What to work on: Once you have read the listing, write it all out exactly.
-------------------------
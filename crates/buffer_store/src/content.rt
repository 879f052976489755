ghost use Rattle.std.specs.Prelude.{◌≡◌, ◌≤◌, IfOk, nat_lt};
ghost use Rattle.gl_numbers.specs.Limits.{buffer_bytes_max};
ghost use Rattle.buffer_store.specs.Content.{HasShortBytes, bytes_of, size_of};

use gl_numbers::{BUFFER_BYTES_MAX, Memory};
use std::alloc::Global;

/// What bufferData fills a buffer with.
#[derive(Clone, Copy, Debug)]
pub enum Content<'a> {
    /// That many zero bytes.
    Size(u32),
    /// These bytes.
    Bytes(&'a [u8]),
}

impl Content<'_> {
    /// Whether there are more bytes than a buffer holds.
    #[inline]
    pub(crate) fn is_long(self) -> bool
        requires { HasShortBytes self }
        ensures { result ≡ nat_lt buffer_bytes_max (size_of self.entry) }
    {
        match self {
            Content::Size(size) => size > BUFFER_BYTES_MAX,
            Content::Bytes(_) => false,
        }
    }

    /// How many bytes there are, at most 67,108,864.
    #[inline]
    pub(crate) fn size(self) -> u32
        requires { size_of self ≤ buffer_bytes_max }
        ensures { result ≡ size_of self.entry }
    {
        match self {
            Content::Size(size) => size,
            Content::Bytes(bytes) => bytes.len() as u32,
        }
    }

    /// The bytes in memory of their own. Err only where memory runs out.
    pub(crate) fn copied(self, alloc: Global) -> Result<Vec<u8>, Memory>
        ensures { IfOk result (λ copy. copy.items ≡ bytes_of self.entry) }
    {
        let copy = match self {
            Content::Size(size) => vec![in alloc; 0; size as usize],
            Content::Bytes(bytes) => Vec::from_slice(alloc, bytes),
        };
        copy.map_err(|_| Memory)
    }
}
-------------------------
Answer space:
filename crates/buffer_store/src/content.rt
repository 879f052976489755
ghost use Rattle.std.specs.Prelude.{◌≡◌, ◌≤◌, IfOk, nat_lt};
ghost use Rattle.gl_numbers.specs.Limits.{buffer_bytes_max};
ghost use Rattle.buffer_store.specs.Content.{HasShortBytes, bytes_of, size_of};

use gl_numbers::{BUFFER_BYTES_MAX, Memory};
use std::alloc::Global;

/// What bufferData fills a buffer with.
#[derive(Clone, Copy, Debug)]
pub enum Content<'a> {
    /// That many zero bytes.
    Size(u32),
    /// These bytes.
    Bytes(&'a [u8]),
}

impl Content<'_> {
    /// Whether there are more bytes than a buffer holds.
    #[inline]
    pub(crate) fn is_long(self) -> bool
        requires { HasShortBytes self }
        ensures { result ≡ nat_lt buffer_bytes_max (size_of self.entry) }
    {
        match self {
            Content::Size(size) => size > BUFFER_BYTES_MAX,
            Content::Bytes(_) => false,
        }
    }

    /// How many bytes there are, at most 67,108,864.
    #[inline]
    pub(crate) fn size(self) -> u32
        requires { size_of self ≤ buffer_bytes_max }
        ensures { result ≡ size_of self.entry }
    {
        match self {
            Content::Size(size) => size,
            Content::Bytes(bytes) => bytes.len() as u32,
        }
    }

    /// The bytes in memory of their own. Err only where memory runs out.
    pub(crate) fn copied(self, alloc: Global) -> Result<Vec<u8>, Memory>
        ensures { IfOk result (λ copy. copy.items ≡ bytes_of self.entry) }
    {
        let copy = match self {
            Content::Size(size) => vec![in alloc; 0; size as usize],
            Content::Bytes(bytes) => Vec::from_slice(alloc, bytes),
        };
        copy.map_err(|_| Memory)
    }
}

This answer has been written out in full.